Because 99% of the matches are too boring and lack creativity.

1. The ants are bullet ants

2. The ants are driver ants

Zommari is human speed.


----------



## Azrael Finalstar (Jul 3, 2009)

Zommari uses a couple ceros. both scenarios. could they even pierce his skin


----------



## Tranquil Fury (Jul 3, 2009)

But Zommari only has 50 eyes!


----------



## Zaru (Jul 3, 2009)

Zommari takes control of the ant queen


----------



## Sin (Jul 3, 2009)

Zaru said:


> Zommari takes control of the ant queen


How is he supposed to be able to tell which one that is when there's 20 trillion of them?


----------



## Starrk (Jul 3, 2009)

Turns into pumpkin; rolls over ants; match over; wtf is wrong with you?


----------



## Zaru (Jul 3, 2009)

Sin said:


> How is he supposed to be able to tell which one that is when there's 20 trillion of them?

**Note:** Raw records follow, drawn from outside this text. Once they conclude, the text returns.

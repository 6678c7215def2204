// Rule files: reading them, and checking a formula that is handed over as a table (01, "The files").
#![tactic(auto)]

pub mod check;
pub mod rule;
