// A formula that is handed over as a table, checked as if written out as its file.
ghost use Rattle.std.specs.Prelude.{◌≡◌, ◌≤◌, true};
ghost use Rattle.text.specs.Body.{EachAt, body_lines};
ghost use Rattle.text.specs.Result.{outcome_of};
ghost use Rattle.text.specs.Written.{written_body};
ghost use Rattle.rule_row.specs.Row.{in_range, row_value};
ghost use Rattle.rule_file.specs.Valid.{InRange};
ghost use Rattle.rule_file.specs.Outcome.{rule_outcome};
ghost use Rattle.rule_file.specs.Written.{rows_of};
ghost use Rattle.rule_row.specs.Written.{written_row};

use tables::kind;
use tables::refusal::{Outcome, Reason, Refusal};
use tables::row::Formula;

fn refuse(reason: Reason, line: usize) -> Outcome
    ensures answer { result ≡ Outcome.Refused (record { reason = reason; file = 1; line = line }) }
{
    Outcome::Refused(Refusal {
        reason,
        file: 1,
        line,
    })
}

// The used rows, from the first on.
fn check_rows(formula: Formula) -> Outcome
    requires { formula.rows ≤ 64 }
    ensures answer { result ≡ outcome_of 1 (body_lines 114 (row_value formula.signals) formula.rows 1 4
        (written_body 114 written_row 1 (rows_of formula))) }
    ensures range { result ≡ Outcome.Accepted → EachAt (λ k x. in_range formula.signals k x ≡ true) 1 (rows_of formula) }
{
    let signals = formula.signals as usize;
    let rows = formula.rows as usize;
    let places = formula.places;
    let mut k = 0;
    while k < rows {
        let place = places[k];
        let row = place.row;
        let first = kind::first_number(row);
        let second = kind::second_number(row);
        if !rule_row::in_range(signals, k + 1, row, first as usize, second as usize) {
            return refuse(Reason::BadReference, k + 4);
        }
        k += 1;
    }
    Outcome::Accepted
}

// A formula in memory: what reading it, written out as its file, would answer; and what an accepted one is known to be.
pub fn check_formula(formula: Formula) -> Outcome
    ensures outcome { result ≡ rule_outcome formula }
    ensures range { result ≡ Outcome.Accepted → InRange formula }
{
    let signals = formula.signals;
    let rows = formula.rows;
    if signals < 1 {
        return refuse(Reason::CountOutOfRange, 2);
    }
    if 32 < signals {
        return refuse(Reason::CountOutOfRange, 2);
    }
    if rows < 1 {
        return refuse(Reason::CountOutOfRange, 3);
    }
    if 64 < rows {
        return refuse(Reason::CountOutOfRange, 3);
    }
    check_rows(formula)
}
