// Rule files.
ghost use Rattle.std.specs.Prelude.{◌≡◌, ◌≤◌};
ghost use Rattle.text.specs.Body.{body_lines};
ghost use Rattle.text.specs.Result.{map_result};
ghost use Rattle.text.specs.Result.Result.{refused};
ghost use Rattle.rule_row.specs.Row.{row_value};
ghost use Rattle.rule_file.specs.Rule.{formula_of, parse_rule, rule_answer};

use rule_row::RowLine;
use tables::refusal::{Outcome, Reason, Refusal};
use tables::row::{ConstantKind, Formula, Row, RowPlace};
use text::line::Counted;

// What reading a rule file gives. (The formula holds an array, so it stands beside the outcome; a refusal leaves it empty.)
#[derive(Clone, Copy)]
pub struct RuleAnswer {
    pub outcome: Outcome,
    pub formula: Formula,
}

// A refusal of a rule file.
fn refuse(reason: Reason, line: usize) -> RuleAnswer
    ensures answer { result ≡ rule_answer (refused reason line) }
{
    let unused = Row::Constant(ConstantKind::True);
    let places = [RowPlace { row: unused }; 64];
    RuleAnswer {
        outcome: Outcome::Refused(Refusal {
            reason,
            file: 1,
            line,
        }),
        formula: Formula {
            signals: 0,
            rows: 0,
            places,
        },
    }
}

// The rows, one line each, and nothing behind them.
fn read_rows(body: &[u8], signals: usize, rows: usize) -> RuleAnswer
    requires { (signals ≤ 32) × (rows ≤ 64) }
    ensures answer { result ≡ rule_answer (map_result (formula_of signals rows)
        (body_lines 114 (row_value signals) rows 1 4 body.now)) }
{
    let mut rest = body;
    let unused = Row::Constant(ConstantKind::True);
    let mut places = [RowPlace { row: unused }; 64];
    let mut k = 0;
    while k < rows {
        let line = rule_row::row_line(rest, k + 1, signals);
        let RowLine::Row(row, next) = line else {
            return refuse(rule_row::row_reason(line), k + 4);
        };
        places[k] = RowPlace { row };
        rest = &rest[next..];
        k += 1;
    }
    if rest.len() != 0 {
        return refuse(Reason::WrongForm, k + 4);
    }
    RuleAnswer {
        outcome: Outcome::Accepted,
        formula: Formula {
            signals: signals as u8,
            rows: rows as u8,
            places,
        },
    }
}

// A rule file: its formula, or the refusal.
pub fn read_rule(file: &[u8]) -> RuleAnswer
    ensures answer { result ≡ rule_answer (parse_rule file.now) }
{
    if 65536 < file.len() {
        return refuse(Reason::TooLong, 0);
    }
    let first = text::line::count_line(file, b"format", 1, 1, Reason::WrongFormat);
    let Counted::Count(_, a) = first else {
        return refuse(text::line::count_reason(first), 1);
    };
    let after_format = &file[a..];
    let second = text::line::count_line(after_format, b"signals", 1, 32, Reason::CountOutOfRange);
    let Counted::Count(signals, b) = second else {
        return refuse(text::line::count_reason(second), 2);
    };
    let after_signals = &after_format[b..];
    let third = text::line::count_line(after_signals, b"rows", 1, 64, Reason::CountOutOfRange);
    let Counted::Count(rows, c) = third else {
        return refuse(text::line::count_reason(third), 3);
    };
    read_rows(&after_signals[c..], signals, rows)
}
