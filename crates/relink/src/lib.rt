// The turns of a sync (document 01, "Standing in the tree"): places are worked out by the values that stand, lowest index first, until none is
// pending. All that the values decide, both bests, children and leaves, is kept in step inside the turn.
#![tactic(auto)]

ghost use Rattle.std.specs.Prelude.{◌+◌, ◌*◌, ◌<◌, ◌≤◌};
ghost use Rattle.memory.specs.Layout.{Laid};
ghost use Rattle.relink.specs.Gathers.{Gathers, Rebuilds, Resets, Wiped};
ghost use Rattle.relink.specs.Turned.{PutCanonical, PutWinner, Settles, Turned, WorksOut};

use journal::Had;
use values::Value;

// ---- a turn ----

// Stores the linked value of p, if it is another. Tells whether it was.
fn put_winner(mem: &mut [u64], n: usize, p: usize, q: usize, v: Value) -> bool
    requires { Laid mem.old n × (p < n) }
    ensures { PutWinner mem.old mem.new n p q v result }
{
    let old = values::read(mem, 64 + 68 * p + 56);
    if values::same(old, v) {
        return false;
    }
    kin::relink(mem, n, p, q, v);
    true
}

// .. its canonical linked value.
fn put_canonical(mem: &mut [u64], n: usize, p: usize, v: Value) -> bool
    requires { Laid mem.old n × (p < n) }
    ensures { PutCanonical mem.old mem.new n p v result }
{
    let old = values::read(mem, 64 + 68 * p + 60);
    if values::same(old, v) {
        return false;
    }
    values::write(mem, 64 + 68 * p + 60, v);
    contest::update(mem, n, 1, p);
    true
}

// Works both values of p out. Tells whether one changed.
fn work_out(mem: &mut [u64], n: usize, p: usize) -> bool
    requires { Laid mem.old n × (p < n) }
    ensures { WorksOut mem.old mem.new n p result }
{
    let q = standing::parent(mem, n, p);
    let a = standing::work_out(mem, n, p, q, false);
    let b = standing::work_out(mem, n, p, q, true);
    let moved = put_winner(mem, n, p, q, a);
    let shifted = put_canonical(mem, n, p, b);
    moved || shifted
}

pub fn turn(mem: &mut [u64], n: usize, p: usize)
    requires { Laid mem.old n × (p < n) }
    ensures { Turned mem.old mem.new n p }
{
    pending::drop(mem, n, p);
    if work_out(mem, n, p) {
        pending::follow(mem, n, p);
    }
}

// ---- all turns ----

// Turns, until no place is pending. (The count is more than a memory that calls left can take, and ends the loop on any other; a first place that is not
// pending, which only such a memory has, ends it at once: it would come up again at every turn.)
pub fn settle(mem: &mut [u64], n: usize)
    requires { Laid mem.old n }
    ensures { Settles mem.old mem.new n }
{
    for _ in 0..n * n + n {
        let p = pending::first(mem, n);
        if n <= p || mem[64 + 68 * p + 59] == 0 {
            return;
        }
        turn(mem, n, p);
    }
}

// ---- what is to be worked out ----

// No row says that it has a value or children.
fn wipe(mem: &mut [u64], n: usize)
    requires { Laid mem.old n }
    ensures { Wiped mem.old mem.new n }
{
    for p in 0..n {
        mem[64 + 68 * p + 56] = 0;
        mem[64 + 68 * p + 60] = 0;
        mem[64 + 68 * p + 64] = 0;
    }
}

// There are no values, and so no leaf and no best.
fn reset(mem: &mut [u64], n: usize)
    requires { Laid mem.old n }
    ensures { Resets mem.old mem.new n }
{
    wipe(mem, n);
    roster::clear(mem, 14);
    contest::clear(mem, n, 0);
    contest::clear(mem, n, 1);
}

// Every live block is pending, and there are no values.
fn rebuild(mem: &mut [u64], n: usize)
    requires { Laid mem.old n }
    ensures { Rebuilds mem.old mem.new n }
{
    reset(mem, n);
    pending::add_live(mem, n);
}

// The hashes changed since the last sync are pending; where that is not to be had, all is built again.
pub fn gather(mem: &mut [u64], n: usize)
    requires { Laid mem.old n }
    ensures { Gathers mem.old mem.new n }
{
    if mem[8] == 0 {
        rebuild(mem, n);
        return;
    }
    let v = mem[10];
    match journal::changes_had(mem, n, mem[9], v) {
        Had::None => rebuild(mem, n),
        Had::Count(_) => pending::add_changed(mem, n, v),
    }
}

Oh, he has all the time in the world.

Not like ants can reach a hovering object.


----------



## Tranquil Fury (Jul 3, 2009)

I thought we were'nt supposed to take this thread seriously?


----------



## Deleted member 45015 (Jul 3, 2009)

Zommari just spams _Bala_ or chucks down a _Cero_.


----------



## Grandmaster Kane (Jul 3, 2009)

Zomari doesnt need to release.

He could just spam cero


----------



## Dante10 (Jul 3, 2009)

Wouldn't he just talk about how much he loves Aizen, then get owned.


----------



## Platinum (Jul 3, 2009)

Make it 20 trillion of those Japanese Kamikaze ants and then we will have ourselves a battle .


----------



## Gig (Jul 3, 2009)

Zaru said:


> Oh, he has all the time in the world.
> 
> Not like ants can reach a hovering object.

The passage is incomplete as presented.